Zupełnym zaskoczeniem jest stwierdzenie, że nie trzeba się umartwiać i przyjmować wiary jako dopustu bożego. Wiara ma być radosnym poznawaniem Boga, który nie wymaga od nas katowania się, ofiar i umartwiania, dając nam jednocześnie maksimum wolnej woli i wymagając akceptacji (autoryzacji) na każde działanie, jakie nam zaproponuje. Stąd też biblii nie należy traktować jako przekazu historycznego, a czytać w całości jako dzieje boskiego objawienia.
W czasie spotkania nie zabrakło humorystycznych momentów. Szymon Hołownia często bywa zapraszany przez księży, zakonników i zgromadzenia religijne. Cenią jego poczucie humoru, lekkość języka, ogromną wiedzę i to, że wyraża swe sądy z ogromną kulturą. Przed spotkaniem z olsztynianami odwiedził studentów i księży w Hosianum. Bawił się z nimi w gry słowne, dyskutował, przybliżając tym samym, jak to określa marketing religijny. Wśród wielu pytań, jakie tam padły było i to, dlaczego na Wielkanoc maluje się jajka. Młody ksiądz odpowiedział mu, że są one nawiązaniem do tradycji i symbolem życia.
- Ale to przecież są gotowane jajka - stwierdził przekornie Szymon.
- No tak, ale to jest życie na gorąco - replikował ksiądz.
Anegdota wywołała salwy śmiechu.
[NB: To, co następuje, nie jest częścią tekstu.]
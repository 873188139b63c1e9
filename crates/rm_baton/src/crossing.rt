//! What may go to other threads.
use crate::baton::{Baton, Pass};
use crate::carries::Carries;

fn is_sent<T: Send>(_value: &T) {}

fn is_shared<T: Sync>(_value: &T) {}

// Of a value that may go to another thread, the baton may go there and be shared, and so may a pass go.
fn both_cross<T: Carries + Send>(baton: &Baton<T>, pass: &Pass<T>) {
    is_sent(baton);
    is_shared(baton);
    is_sent(pass);
}
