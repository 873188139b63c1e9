ghost use Rattle.std.specs.Prelude.{◌≡◌, false, IfErr, IfNone, IfOk, IfSome, IsSome};
ghost use Rattle.crossbeam_queue.specs.Passes.{ruled_capacity};
ghost use Rattle.rm_baton.specs.Views.{HasAllParts, IsIdle, MayPut, Meets, IsOfRun, gave, helper, joined, started, took, view, with_half};

use crate::carries::{Carries, Known};
use crate::rule::{Carrying, Gives, Helps, Starts, Takes};
use crossbeam_queue::RuledArrayQueue;
use std::alloc::Global;
use std::sync::Wait;

/// A worker's token, which has no bytes. What it knows, its view, is a `Known`.
pub type Pass<T> = crossbeam_queue::Pass<T, Known<<T as Carries>::Run, T>>;

/// A place for one value. The worker that took the value out has the baton until it puts it back.
#[derive(Drop)]
pub struct Baton<T: Carries> {
    queue: RuledArrayQueue<T, Known<T::Run, T>, Carrying>,
    ghost one: { ruled_capacity queue ≡ 1 },
}

impl<T: Carries> Baton<T> {
    ghost use Rattle.rm_baton.specs.Passes.{IsPassOf};

    /// A baton with this value in its place, and the store's pass, which has seen the value's log and has all parts.
    ///
    /// The value comes back where no memory was found.
    pub fn new(alloc: Global, held: T) -> Result<(Baton<T>, Pass<T>), T>
        ensures of { IfOk result (λ made. IsPassOf made.0 made.1) }
        ensures pass { IfOk result (λ made. view made.1 ≡ started T.run T.log held) }
        ensures back { IfErr result (λ value. value ≡ held) }
    {
        match RuledArrayQueue::<T, Known<T::Run, T>, Carrying>::ruled(alloc, 1) {
            Ok((queue, mut pass)) => match queue.try_push_as::<Starts>(&mut pass, held) {
                Ok(()) => Ok((Baton { queue }, pass)),
                Err(held) => Err(held),
            },
            Err(_) => Err(held),
        }
    }

    /// Takes the value out. It is of the pass's run, each log that the pass has seen begins its log, and for the store's
    /// pass only common entries were added since its last log.
    ///
    /// `None` where the value was out at a moment of the call, and then the pass is as it was. The only pass that is
    /// left, which has all parts, gets the value.
    #[inline(never)]
    pub fn take<R: Wait>(&self, rt: &R, pass: &mut Pass<T>) -> Option<T>
        requires of { IsPassOf self.now pass.old }
        requires idle { IsIdle (view pass.old) }
        ensures of { IsPassOf self.now pass.new }
        ensures took { IfSome result (λ held. view pass.new ≡ took T.log (view pass.old) held) }
        ensures meets { IfSome result (Meets T.run T.log (view pass.old)) }
        ensures none { IfNone result (view pass.new ≡ view pass.old) }
        ensures alone { HasAllParts (view pass.old) → IsSome result }
    {
        self.queue.pop_as::<Takes, R>(rt, pass)
    }

    /// Puts a value in the place of the one that this pass took: it is of the same run, its log is the taken one, or that and
    /// one entry, and a pass that isn't the store's added a common entry only. It takes no memory, and is never refused.
    #[inline(never)]
    pub fn put<R: Wait>(&self, rt: &R, pass: &mut Pass<T>, held: T)
        requires of { IsPassOf self.now pass.old }
        requires may { MayPut T.run T.log (view pass.old) held }
        ensures of { IsPassOf self.now pass.new }
        ensures gave { view pass.new ≡ gave T.log (view pass.old) held }
    {
        match self.queue.push_as::<Gives, R>(rt, pass, held) {
            Ok(()) => {}
            Err(_) => unreachable!(),
        }
    }

    /// A pass for another worker. It has seen what this one has, and isn't the store's; each has half of the parts that
    /// this one had. It takes no memory and waits for nobody.
    pub fn split(&self, pass: &mut Pass<T>) -> Pass<T>
        requires of { IsPassOf self.now pass.old }
        requires stands { IsOfRun (view pass.old) }
        ensures of { IsPassOf self.now pass.new × IsPassOf self.now result }
        ensures old { view pass.new ≡ with_half (view pass.old) }
        ensures new { view result ≡ helper (view pass.old) }
    {
        self.queue.another::<Helps>(pass)
    }

    /// Ends a pass. This one takes up its parts, what it has seen, and the store's mark where it has that. It takes no
    /// memory and waits for nobody.
    pub fn join(&self, pass: &mut Pass<T>, other: Pass<T>)
        requires of { IsPassOf self.now pass.old × IsPassOf self.now other }
        requires idle { IsIdle (view pass.old) × IsIdle (view other) }
        ensures of { IsPassOf self.now pass.new }
        ensures joined { view pass.new ≡ joined (view pass.old) (view other) }
    {
        self.queue.absorb::<Helps>(pass, other);
    }
}
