impl<O: Offset> MutableArray for MutableUtf8ValuesArray<O> {
    ghost use Rattle.std.specs.Prelude.{◌≤◌, true, [], Some};
    ghost use Rattle.column_binary.specs.Types.{offset_type};
    ghost use Rattle.column_binary.specs.Slots.{slot_count};

    ghost data_type = { λ _. offset_type O.IS_LARGE true };

    ghost slot_count = { λ lists. slot_count lists };

    ghost flags = { λ lists. lists.flags };

    ghost null = { Some [] };

    ghost has_room = { λ b additional. additional ≤ b.spare_slots };

    fn dtype(&self) -> ArrowDataType {
        MutableUtf8ValuesArray::dtype(self)
    }

    fn len(&self) -> usize {
        MutableUtf8ValuesArray::len(self)
    }

    fn validity(&self) -> Option<&MutableBitmap> {
        MutableUtf8ValuesArray::validity(self)
    }

    fn push_null(&mut self) -> Result<(), PolarsError> {
        MutableUtf8ValuesArray::push_null(self)
    }

    fn reserve_slots(&mut self, additional: usize) -> Result<(), PolarsError> {
        self.reserve(additional, 0)
    }

    fn shrink_to_fit(&mut self) {
        MutableUtf8ValuesArray::shrink_to_fit(self);
    }
}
W podobnym tonie było całe spotkanie w Książnicy. Nie wszystkim może podobać się taki sposób ujmowania wiary i religii. Jak również stwierdzenie, że do spowiedzi nie chodzi się do pierwszego lepszego księdza.
-
Jak kupujemy samochód czy ubezpieczenie to kaprysimy, porównujemy, wybieramy. A przecież spowiedź to kwestia naszej duszy, osobowości... i tu oddajemy ją w pierwsze lepsze ręce, bez zastanowienia. To nie jest w porządku - argumentował.
Wieczór zakończył się podpisywaniem książek i osobistymi rozmowami z autorem. Szkoda, że czas tak szybko upłynął. Żałowali tego wszyscy obecni na spotkaniu z pisarzem.